- _Record excerpts_
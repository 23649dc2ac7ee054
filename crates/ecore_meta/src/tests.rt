// Metamodels built by hand: families, persons, and classes that inherit by several ways.
ghost use Rattle.std.specs.Prelude.{◌≡◌, [], ◌∷◌, ◌++◌, IfOk, true, false, None, length};
ghost use Rattle.ecore_meta.specs.Valid.{IsMetamodel};

use crate::metamodel::Metamodel;
use crate::parts::{Class, FeatKind, Feature, Package, Parts};
use atl_base::numbers::{ClassId, FeatId};
use atl_base::text::{Text, TextRefusal};
use sqlite_items::Items;
use std::alloc::{AllocError, Global};
use std::test::Fail;

fn text(alloc: Global, words: &str) -> Result<Text, TextRefusal>
    ensures { IfOk result (λ t. t ≡ words.now) }
{
    Text::from_bytes(alloc, words.as_bytes())
}

// A package whose uri and prefix are its name.
fn package(alloc: Global, name: &str) -> Result<Items<Package>, TextRefusal>
    ensures { IfOk result (λ list. list ≡ record { name = name.now; uri = name.now; prefix = name.now } ∷ []) }
{
    let mut list = Items::new(alloc);
    list.push(Package {
        name: text(alloc, name)?,
        uri: text(alloc, name)?,
        prefix: text(alloc, name)?,
    })?;
    Ok(list)
}

// One class more.
fn with_class(
    alloc: Global,
    mut list: Items<Class>,
    name: &str,
    is_abstract: bool,
    supers: &[ClassId],
    own: &[FeatId],
) -> Result<Items<Class>, TextRefusal>
    ensures { IfOk result (λ longer. longer ≡ list ++ record { name = name.now; «package» = 0; is_abstract = is_abstract; supers = supers.now; own = own.now } ∷ []) }
{
    list.push(Class {
        name: text(alloc, name)?,
        package: 0,
        is_abstract,
        supers: Items::from_slice(alloc, supers)?,
        own: Items::from_slice(alloc, own)?,
    })?;
    Ok(list)
}

// One feature more.
fn with_feature(
    alloc: Global,
    mut list: Items<Feature>,
    name: &str,
    owner: u32,
    kind: FeatKind,
    many: bool,
) -> Result<Items<Feature>, TextRefusal>
    ensures { IfOk result (λ longer. longer ≡ list ++ record { name = name.now; owner = record { 0 = owner }; kind = kind; many = many; unique = true; is_id = false; default = None } ∷ []) }
{
    list.push(Feature {
        name: text(alloc, name)?,
        owner: ClassId(owner),
        kind,
        many,
        unique: true,
        is_id: false,
        default: None,
    })?;
    Ok(list)
}

// A reference with an opposite.
fn refer(class: u32, contains: bool, opposite: u32) -> FeatKind
    ensures { result ≡ FeatKind.Refer (record { 0 = class }) contains (Some (record { 0 = opposite })) }
{
    FeatKind::Refer {
        class: ClassId(class),
        contains,
        opposite: Some(FeatId(opposite)),
    }
}

// Families: members in families, by containment references and their opposites.
fn families(alloc: Global) -> Result<Parts, TextRefusal>
    ensures valid { IfOk result IsMetamodel }
    ensures classes { IfOk result (λ m. length m.classes ≡ 2) }
{
    let packages = package(alloc, "Families")?;
    let classes = with_class(
        alloc,
        Items::new(alloc),
        "Family",
        false,
        &[],
        &[FeatId(0), FeatId(1), FeatId(2), FeatId(3), FeatId(4)],
    )?;
    let classes = with_class(
        alloc,
        classes,
        "Member",
        false,
        &[],
        &[FeatId(5), FeatId(6), FeatId(7), FeatId(8), FeatId(9)],
    )?;
    let features = with_feature(
        alloc,
        Items::new(alloc),
        "lastName",
        0,
        FeatKind::Str,
        false,
    )?;
    let features = with_feature(alloc, features, "father", 0, refer(1, true, 6), false)?;
    let features = with_feature(alloc, features, "mother", 0, refer(1, true, 7), false)?;
    let features = with_feature(alloc, features, "sons", 0, refer(1, true, 8), true)?;
    let features = with_feature(alloc, features, "daughters", 0, refer(1, true, 9), true)?;
    let features = with_feature(alloc, features, "firstName", 1, FeatKind::Str, false)?;
    let features = with_feature(
        alloc,
        features,
        "familyFather",
        1,
        refer(0, false, 1),
        false,
    )?;
    let features = with_feature(
        alloc,
        features,
        "familyMother",
        1,
        refer(0, false, 2),
        false,
    )?;
    let features = with_feature(alloc, features, "familySon", 1, refer(0, false, 3), false)?;
    let features = with_feature(
        alloc,
        features,
        "familyDaughter",
        1,
        refer(0, false, 4),
        false,
    )?;
    Ok(Parts {
        packages,
        classes,
        features,
        enums: Items::new(alloc),
        skipped: Items::new(alloc),
    })
}

// Persons: an abstract class after the two that inherit from it.
fn persons(alloc: Global) -> Result<Parts, TextRefusal>
    ensures valid { IfOk result IsMetamodel }
    ensures classes { IfOk result (λ m. length m.classes ≡ 3) }
{
    let packages = package(alloc, "Persons")?;
    let classes = with_class(alloc, Items::new(alloc), "Male", false, &[ClassId(2)], &[])?;
    let classes = with_class(alloc, classes, "Female", false, &[ClassId(2)], &[])?;
    let classes = with_class(alloc, classes, "Person", true, &[], &[FeatId(0)])?;
    let features = with_feature(
        alloc,
        Items::new(alloc),
        "fullName",
        2,
        FeatKind::Str,
        false,
    )?;
    Ok(Parts {
        packages,
        classes,
        features,
        enums: Items::new(alloc),
        skipped: Items::new(alloc),
    })
}

// A diamond, its lowest class first, and a class below that names the top before it.
fn diamond(alloc: Global) -> Result<Parts, TextRefusal>
    ensures valid { IfOk result IsMetamodel }
    ensures classes { IfOk result (λ m. length m.classes ≡ 5) }
{
    let packages = package(alloc, "Shapes")?;
    let classes = with_class(
        alloc,
        Items::new(alloc),
        "Low",
        false,
        &[ClassId(1), ClassId(2)],
        &[FeatId(0)],
    )?;
    let classes = with_class(alloc, classes, "Left", false, &[ClassId(3)], &[FeatId(1)])?;
    let classes = with_class(alloc, classes, "Right", false, &[ClassId(3)], &[FeatId(2)])?;
    let classes = with_class(alloc, classes, "Top", true, &[], &[FeatId(3)])?;
    let classes = with_class(
        alloc,
        classes,
        "Lowest",
        false,
        &[ClassId(3), ClassId(0)],
        &[FeatId(4)],
    )?;
    let features = with_feature(alloc, Items::new(alloc), "low", 0, FeatKind::Str, false)?;
    let features = with_feature(alloc, features, "left", 1, FeatKind::Str, false)?;
    let features = with_feature(alloc, features, "right", 2, FeatKind::Str, false)?;
    let features = with_feature(alloc, features, "top", 3, FeatKind::Str, false)?;
    let features = with_feature(alloc, features, "lowest", 4, FeatKind::Str, false)?;
    Ok(Parts {
        packages,
        classes,
        features,
        enums: Items::new(alloc),
        skipped: Items::new(alloc),
    })
}

// The look-ups at a class that is there.
fn seen(meta: &Metamodel, class: u32) -> &[FeatId] {
    if (class as usize) < meta.classes().len() {
        meta.features_seen(ClassId(class))
    } else {
        &[]
    }
}

fn copied(meta: &Metamodel, class: u32) -> Result<Vec<FeatId>, AllocError> {
    if (class as usize) < meta.classes().len() {
        return meta.features(ClassId(class));
    }
    Err(AllocError)
}

fn named(
    alloc: Global,
    meta: &Metamodel,
    class: u32,
    name: &str,
) -> Result<Option<FeatId>, TextRefusal> {
    let name = text(alloc, name)?;
    if (class as usize) < meta.classes().len() {
        return Ok(meta.feature_of(ClassId(class), &name));
    }
    Ok(None)
}

// The places of the classes that a class conforms to.
fn conformed(meta: &Metamodel, class: u32) -> &[usize] {
    if class as usize >= meta.classes().len() {
        return &[];
    }
    meta.conformed(ClassId(class))
}

fn conforms(meta: &Metamodel, sub: u32, sup: u32) -> bool {
    let classes = meta.classes().len();
    (sub as usize) < classes
        && (sup as usize) < classes
        && meta.conforms(ClassId(sub), ClassId(sup))
}

#[test]
fn features_of_families(rt: HostRuntime) -> Result<(), Fail> {
    let alloc = rt.alloc();
    let meta = Metamodel::new(alloc, families(alloc)?)?;
    let family = [FeatId(0), FeatId(1), FeatId(2), FeatId(3), FeatId(4)];
    let member = [FeatId(5), FeatId(6), FeatId(7), FeatId(8), FeatId(9)];
    assert_eq!(rt; seen(&meta, 0), family.as_slice());
    assert_eq!(rt; seen(&meta, 1), member.as_slice());
    assert!(rt; conforms(&meta, 1, 1));
    assert!(rt; !conforms(&meta, 0, 1));
    Ok(())
}

#[test]
fn features_by_their_names(rt: HostRuntime) -> Result<(), Fail> {
    let alloc = rt.alloc();
    let meta = Metamodel::new(alloc, families(alloc)?)?;
    assert_eq!(rt; named(alloc, &meta, 0, "sons")?, Some(FeatId(3)));
    assert_eq!(rt; named(alloc, &meta, 1, "sons")?, None);
    assert_eq!(rt; named(alloc, &meta, 1, "familySon")?, Some(FeatId(8)));
    assert_eq!(rt; named(alloc, &meta, 0, "nobody")?, None);
    Ok(())
}

#[test]
fn features_of_persons(rt: HostRuntime) -> Result<(), Fail> {
    let alloc = rt.alloc();
    let meta = Metamodel::new(alloc, persons(alloc)?)?;
    assert_eq!(rt; copied(&meta, 0)?.as_slice(), [FeatId(0)].as_slice());
    assert_eq!(rt; named(alloc, &meta, 1, "fullName")?, Some(FeatId(0)));
    assert!(rt; conforms(&meta, 0, 2));
    assert!(rt; !conforms(&meta, 2, 0));
    assert!(rt; !conforms(&meta, 0, 1));
    assert_eq!(rt; conformed(&meta, 0), [0usize, 2].as_slice());
    assert_eq!(rt; conformed(&meta, 2), [2usize].as_slice());
    Ok(())
}

#[test]
fn lists_of_persons(rt: HostRuntime) -> Result<(), Fail> {
    let alloc = rt.alloc();
    let meta = Metamodel::new(alloc, persons(alloc)?)?;
    assert_eq!(rt; meta.packages().len(), 1);
    assert_eq!(rt; meta.all_features().len(), 1);
    assert_eq!(rt; meta.enums().len(), 0);
    assert_eq!(rt; meta.skipped().len(), 0);
    assert_eq!(rt; meta.parts().classes.len(), 3);
    Ok(())
}

#[test]
fn features_of_a_diamond(rt: HostRuntime) -> Result<(), Fail> {
    let alloc = rt.alloc();
    let meta = Metamodel::new(alloc, diamond(alloc)?)?;
    let low = [FeatId(3), FeatId(1), FeatId(2), FeatId(0)];
    let lowest = [FeatId(3), FeatId(1), FeatId(2), FeatId(0), FeatId(4)];
    assert_eq!(rt; seen(&meta, 0), low.as_slice());
    assert_eq!(rt; copied(&meta, 4)?.as_slice(), lowest.as_slice());
    assert!(rt; conforms(&meta, 4, 3));
    assert!(rt; conforms(&meta, 4, 2));
    assert!(rt; !conforms(&meta, 1, 2));
    Ok(())
}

- _Work item_
Show each line in the listing above that has "AllocError".

- _Answer_
use std::alloc::{AllocError, Global};
fn copied(meta: &Metamodel, class: u32) -> Result<Vec<FeatId>, AllocError> {
    Err(AllocError)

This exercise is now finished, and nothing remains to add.